§ WHAT YOU ARE ASKED TO DO
Of the entries that follow, how many lines hold the word "words"? Reply with the number only.

§ RECORDS TO USE
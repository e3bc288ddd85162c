ghost use Rattle.std.specs.Prelude.{◌≡◌, ℕ, ◌<◌, true, List, length};
ghost use Rattle.tables.specs.declared.fault.TableFault.{TableFault};

use crate::fault::TableFault;

/// The rows of a table: how many words each takes, and where its key stands in them.
pub trait Row {
    type Key: Eq + Copy;

    /// The words of a row.
    const WIDTH: usize;

    ghost WIDTH: { ℕ };

    ghost key_of: { List ℕ → Self.Key };

    ghost fresh: { Self.Key → List ℕ };

    ghost full: { ℕ → TableFault };

    // `key`, `write` and `fault` are an expression in each table: a function that tables share would be longer.
    /// The key of a row.
    fn key(row: &[u32]) -> Self::Key
        requires { length row.now ≡ WIDTH }
        ensures { result ≡ key_of row.now };

    /// Makes a row one with this key, and with 0 in every other word.
    fn write(row: &mut [u32], key: Self::Key)
        requires { length row.old ≡ WIDTH }
        ensures { row.new ≡ fresh key };

    /// The fault of a table without a free row, which a record needs.
    fn fault(at: u32) -> TableFault
        ensures { result ≡ full at };

    ghost some: { 0 < WIDTH };

    ghost whole: { (k : Self.Key) → length (fresh k) ≡ WIDTH };

    ghost reads: { (k : Self.Key) → Self.Key.eq k (key_of (fresh k)) ≡ true };
}
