ghost use Rattle.std.specs.Prelude.{◌∷◌, [], refl};
ghost use Rattle.std.proofs.Math.Nat.{zero-lt-suc};
ghost use Rattle.std.proofs.lemmas.Bool.{and_from, eq-eqb};
ghost use Rattle.rules.specs.Tables.{declared_width};
ghost use Rattle.tables.specs.declared.fault.TableFault.TheVariants.{Declared as table_full};
ghost use Rattle.tables.specs.Matching.{id_in, DeclaredNeed};

use crate::book::BookRow;
use crate::fault::TableFault;
use crate::row::Row;
use crate::table::need;
use records::Id;

/// The table of the declared names. A row is symbol and mark, both its key.
pub struct Declared;

impl Row for Declared {
    type Key = Id;

    const WIDTH: usize = 2;

    ghost WIDTH = { declared_width };

    ghost key_of = { id_in };

    ghost fresh = { λ k. k.symbol ∷ k.mark ∷ [] };

    ghost full = { table_full };

    ghost some = { zero-lt-suc 1 };

    ghost whole = { λ _. refl };

    ghost reads = { λ k. and_from _ _ (eq-eqb k.symbol k.symbol refl) (eq-eqb k.mark k.mark refl) };

    fn key(row: &[u32]) -> Id {
        Id {
            symbol: row[0],
            mark: row[1],
        }
    }

    fn write(row: &mut [u32], key: Id) {
        row.copy_from_slice(&[key.symbol, key.mark]);
    }

    fn fault(at: u32) -> TableFault {
        TableFault::Declared(at)
    }
}

impl BookRow for Declared {
    ghost needed = { DeclaredNeed };

    fn need(table: &mut [u32], key: Id, at: u32) -> Result<usize, TableFault> {
        need::<Declared>(table, key, at)
    }
}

§ SOLVED EXERCISE
2